* _Exercise materials_:

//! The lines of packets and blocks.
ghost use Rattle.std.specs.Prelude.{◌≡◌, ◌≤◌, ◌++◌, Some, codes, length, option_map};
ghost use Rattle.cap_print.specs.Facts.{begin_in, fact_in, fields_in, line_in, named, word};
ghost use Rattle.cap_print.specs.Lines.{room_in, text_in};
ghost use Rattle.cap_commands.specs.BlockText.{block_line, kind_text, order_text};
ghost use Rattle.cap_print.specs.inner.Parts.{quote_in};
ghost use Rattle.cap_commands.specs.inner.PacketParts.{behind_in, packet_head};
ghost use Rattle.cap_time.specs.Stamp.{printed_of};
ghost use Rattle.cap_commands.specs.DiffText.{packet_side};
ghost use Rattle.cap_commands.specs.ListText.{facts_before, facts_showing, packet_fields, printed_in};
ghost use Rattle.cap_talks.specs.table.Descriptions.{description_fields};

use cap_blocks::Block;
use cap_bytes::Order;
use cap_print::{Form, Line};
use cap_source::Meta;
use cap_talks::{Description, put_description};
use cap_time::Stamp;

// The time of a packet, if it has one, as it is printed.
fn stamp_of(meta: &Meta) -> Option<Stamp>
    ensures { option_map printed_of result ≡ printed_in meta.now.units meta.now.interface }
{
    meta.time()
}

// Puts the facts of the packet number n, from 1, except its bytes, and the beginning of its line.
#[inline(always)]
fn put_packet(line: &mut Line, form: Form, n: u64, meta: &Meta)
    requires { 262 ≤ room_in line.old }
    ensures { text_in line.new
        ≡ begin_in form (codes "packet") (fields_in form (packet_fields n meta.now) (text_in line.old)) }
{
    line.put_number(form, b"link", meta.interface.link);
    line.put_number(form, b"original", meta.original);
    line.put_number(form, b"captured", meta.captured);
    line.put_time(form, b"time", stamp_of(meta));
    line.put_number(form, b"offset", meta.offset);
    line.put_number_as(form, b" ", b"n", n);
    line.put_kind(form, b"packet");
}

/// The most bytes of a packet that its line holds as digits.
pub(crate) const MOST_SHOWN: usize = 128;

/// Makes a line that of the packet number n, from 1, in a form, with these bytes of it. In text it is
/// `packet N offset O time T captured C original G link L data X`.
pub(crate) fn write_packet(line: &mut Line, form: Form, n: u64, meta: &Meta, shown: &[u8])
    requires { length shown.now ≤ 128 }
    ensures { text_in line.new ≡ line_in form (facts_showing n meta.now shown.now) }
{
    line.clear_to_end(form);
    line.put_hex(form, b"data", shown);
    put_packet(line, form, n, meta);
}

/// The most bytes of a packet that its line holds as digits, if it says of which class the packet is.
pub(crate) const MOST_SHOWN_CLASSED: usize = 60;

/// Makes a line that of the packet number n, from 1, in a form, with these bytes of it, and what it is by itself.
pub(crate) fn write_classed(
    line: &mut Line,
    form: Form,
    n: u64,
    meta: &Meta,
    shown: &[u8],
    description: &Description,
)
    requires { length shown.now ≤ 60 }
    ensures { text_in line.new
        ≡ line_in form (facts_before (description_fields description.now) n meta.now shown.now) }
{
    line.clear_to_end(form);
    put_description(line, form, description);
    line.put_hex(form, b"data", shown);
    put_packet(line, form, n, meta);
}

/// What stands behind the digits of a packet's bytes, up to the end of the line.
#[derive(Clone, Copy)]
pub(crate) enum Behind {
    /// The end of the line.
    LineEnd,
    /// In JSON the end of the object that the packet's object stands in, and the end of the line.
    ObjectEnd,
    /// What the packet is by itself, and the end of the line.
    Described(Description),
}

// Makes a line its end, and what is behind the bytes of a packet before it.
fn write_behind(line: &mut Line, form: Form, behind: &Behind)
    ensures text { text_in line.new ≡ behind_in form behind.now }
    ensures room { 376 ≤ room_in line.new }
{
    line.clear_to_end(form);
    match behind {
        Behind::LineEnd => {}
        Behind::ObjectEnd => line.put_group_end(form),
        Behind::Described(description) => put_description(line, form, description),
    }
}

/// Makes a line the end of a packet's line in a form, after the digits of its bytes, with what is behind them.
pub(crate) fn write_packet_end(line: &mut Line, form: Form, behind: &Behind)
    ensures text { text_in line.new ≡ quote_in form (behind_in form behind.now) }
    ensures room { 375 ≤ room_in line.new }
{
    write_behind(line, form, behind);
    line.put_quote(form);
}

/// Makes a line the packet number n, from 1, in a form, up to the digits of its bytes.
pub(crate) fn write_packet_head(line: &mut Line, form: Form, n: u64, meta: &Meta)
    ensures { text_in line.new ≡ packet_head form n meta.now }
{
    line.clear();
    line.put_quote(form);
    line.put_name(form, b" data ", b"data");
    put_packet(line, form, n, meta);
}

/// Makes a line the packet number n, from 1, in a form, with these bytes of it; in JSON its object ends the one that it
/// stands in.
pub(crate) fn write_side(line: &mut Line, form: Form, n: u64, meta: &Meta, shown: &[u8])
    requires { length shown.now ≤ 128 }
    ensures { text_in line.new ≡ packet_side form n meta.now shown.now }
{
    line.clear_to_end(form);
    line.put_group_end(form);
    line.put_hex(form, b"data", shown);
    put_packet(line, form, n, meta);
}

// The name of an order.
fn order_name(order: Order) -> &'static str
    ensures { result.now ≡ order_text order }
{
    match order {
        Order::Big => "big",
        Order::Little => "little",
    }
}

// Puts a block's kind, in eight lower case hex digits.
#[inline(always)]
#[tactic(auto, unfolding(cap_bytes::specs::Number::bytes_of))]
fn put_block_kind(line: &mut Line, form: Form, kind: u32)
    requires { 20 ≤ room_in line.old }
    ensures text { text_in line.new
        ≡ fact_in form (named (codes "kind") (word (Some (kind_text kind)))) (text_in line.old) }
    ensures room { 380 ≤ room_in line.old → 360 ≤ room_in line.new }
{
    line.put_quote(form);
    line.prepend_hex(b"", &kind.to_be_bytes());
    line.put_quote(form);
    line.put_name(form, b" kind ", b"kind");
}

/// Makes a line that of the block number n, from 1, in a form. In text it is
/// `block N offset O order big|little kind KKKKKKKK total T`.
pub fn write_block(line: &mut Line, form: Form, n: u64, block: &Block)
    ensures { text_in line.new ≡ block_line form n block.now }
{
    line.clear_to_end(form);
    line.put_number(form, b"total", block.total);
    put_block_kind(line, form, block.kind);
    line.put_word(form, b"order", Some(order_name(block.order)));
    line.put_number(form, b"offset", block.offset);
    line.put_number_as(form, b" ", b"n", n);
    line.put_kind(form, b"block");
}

* _Activity_: Please repeat each entry. Keep every word the same.

* _Response area_:
//! The lines of packets and blocks.
ghost use Rattle.std.specs.Prelude.{◌≡◌, ◌≤◌, ◌++◌, Some, codes, length, option_map};
ghost use Rattle.cap_print.specs.Facts.{begin_in, fact_in, fields_in, line_in, named, word};
ghost use Rattle.cap_print.specs.Lines.{room_in, text_in};
ghost use Rattle.cap_commands.specs.BlockText.{block_line, kind_text, order_text};
ghost use Rattle.cap_print.specs.inner.Parts.{quote_in};
ghost use Rattle.cap_commands.specs.inner.PacketParts.{behind_in, packet_head};
ghost use Rattle.cap_time.specs.Stamp.{printed_of};
ghost use Rattle.cap_commands.specs.DiffText.{packet_side};
ghost use Rattle.cap_commands.specs.ListText.{facts_before, facts_showing, packet_fields, printed_in};
ghost use Rattle.cap_talks.specs.table.Descriptions.{description_fields};

use cap_blocks::Block;
use cap_bytes::Order;
use cap_print::{Form, Line};
use cap_source::Meta;
use cap_talks::{Description, put_description};
use cap_time::Stamp;

// The time of a packet, if it has one, as it is printed.
fn stamp_of(meta: &Meta) -> Option<Stamp>
    ensures { option_map printed_of result ≡ printed_in meta.now.units meta.now.interface }
{
    meta.time()
}

// Puts the facts of the packet number n, from 1, except its bytes, and the beginning of its line.
#[inline(always)]
fn put_packet(line: &mut Line, form: Form, n: u64, meta: &Meta)
    requires { 262 ≤ room_in line.old }
    ensures { text_in line.new
        ≡ begin_in form (codes "packet") (fields_in form (packet_fields n meta.now) (text_in line.old)) }
{
    line.put_number(form, b"link", meta.interface.link);
    line.put_number(form, b"original", meta.original);
    line.put_number(form, b"captured", meta.captured);
    line.put_time(form, b"time", stamp_of(meta));
    line.put_number(form, b"offset", meta.offset);
    line.put_number_as(form, b" ", b"n", n);
    line.put_kind(form, b"packet");
}

/// The most bytes of a packet that its line holds as digits.
pub(crate) const MOST_SHOWN: usize = 128;

/// Makes a line that of the packet number n, from 1, in a form, with these bytes of it. In text it is
/// `packet N offset O time T captured C original G link L data X`.
pub(crate) fn write_packet(line: &mut Line, form: Form, n: u64, meta: &Meta, shown: &[u8])
    requires { length shown.now ≤ 128 }
    ensures { text_in line.new ≡ line_in form (facts_showing n meta.now shown.now) }
{
    line.clear_to_end(form);
    line.put_hex(form, b"data", shown);
    put_packet(line, form, n, meta);
}

/// The most bytes of a packet that its line holds as digits, if it says of which class the packet is.
pub(crate) const MOST_SHOWN_CLASSED: usize = 60;

/// Makes a line that of the packet number n, from 1, in a form, with these bytes of it, and what it is by itself.
pub(crate) fn write_classed(
    line: &mut Line,
    form: Form,
    n: u64,
    meta: &Meta,
    shown: &[u8],
    description: &Description,
)
    requires { length shown.now ≤ 60 }
    ensures { text_in line.new
        ≡ line_in form (facts_before (description_fields description.now) n meta.now shown.now) }
{
    line.clear_to_end(form);
    put_description(line, form, description);
    line.put_hex(form, b"data", shown);
    put_packet(line, form, n, meta);
}

/// What stands behind the digits of a packet's bytes, up to the end of the line.
#[derive(Clone, Copy)]
pub(crate) enum Behind {
    /// The end of the line.
    LineEnd,
    /// In JSON the end of the object that the packet's object stands in, and the end of the line.
    ObjectEnd,
    /// What the packet is by itself, and the end of the line.
    Described(Description),
}

// Makes a line its end, and what is behind the bytes of a packet before it.
fn write_behind(line: &mut Line, form: Form, behind: &Behind)
    ensures text { text_in line.new ≡ behind_in form behind.now }
    ensures room { 376 ≤ room_in line.new }
{
    line.clear_to_end(form);
    match behind {
        Behind::LineEnd => {}
        Behind::ObjectEnd => line.put_group_end(form),
        Behind::Described(description) => put_description(line, form, description),
    }
}

/// Makes a line the end of a packet's line in a form, after the digits of its bytes, with what is behind them.
pub(crate) fn write_packet_end(line: &mut Line, form: Form, behind: &Behind)
    ensures text { text_in line.new ≡ quote_in form (behind_in form behind.now) }
    ensures room { 375 ≤ room_in line.new }
{
    write_behind(line, form, behind);
    line.put_quote(form);
}

/// Makes a line the packet number n, from 1, in a form, up to the digits of its bytes.
pub(crate) fn write_packet_head(line: &mut Line, form: Form, n: u64, meta: &Meta)
    ensures { text_in line.new ≡ packet_head form n meta.now }
{
    line.clear();
    line.put_quote(form);
    line.put_name(form, b" data ", b"data");
    put_packet(line, form, n, meta);
}

/// Makes a line the packet number n, from 1, in a form, with these bytes of it; in JSON its object ends the one that it
/// stands in.
pub(crate) fn write_side(line: &mut Line, form: Form, n: u64, meta: &Meta, shown: &[u8])
    requires { length shown.now ≤ 128 }
    ensures { text_in line.new ≡ packet_side form n meta.now shown.now }
{
    line.clear_to_end(form);
    line.put_group_end(form);
    line.put_hex(form, b"data", shown);
    put_packet(line, form, n, meta);
}

// The name of an order.
fn order_name(order: Order) -> &'static str
    ensures { result.now ≡ order_text order }
{
    match order {
        Order::Big => "big",
        Order::Little => "little",
    }
}

// Puts a block's kind, in eight lower case hex digits.
#[inline(always)]
#[tactic(auto, unfolding(cap_bytes::specs::Number::bytes_of))]
fn put_block_kind(line: &mut Line, form: Form, kind: u32)
    requires { 20 ≤ room_in line.old }
    ensures text { text_in line.new
        ≡ fact_in form (named (codes "kind") (word (Some (kind_text kind)))) (text_in line.old) }
    ensures room { 380 ≤ room_in line.old → 360 ≤ room_in line.new }
{
    line.put_quote(form);
    line.prepend_hex(b"", &kind.to_be_bytes());
    line.put_quote(form);
    line.put_name(form, b" kind ", b"kind");
}

/// Makes a line that of the block number n, from 1, in a form. In text it is
/// `block N offset O order big|little kind KKKKKKKK total T`.
pub fn write_block(line: &mut Line, form: Form, n: u64, block: &Block)
    ensures { text_in line.new ≡ block_line form n block.now }
{
    line.clear_to_end(form);
    line.put_number(form, b"total", block.total);
    put_block_kind(line, form, block.kind);
    line.put_word(form, b"order", Some(order_name(block.order)));
    line.put_number(form, b"offset", block.offset);
    line.put_number_as(form, b" ", b"n", n);
    line.put_kind(form, b"block");
}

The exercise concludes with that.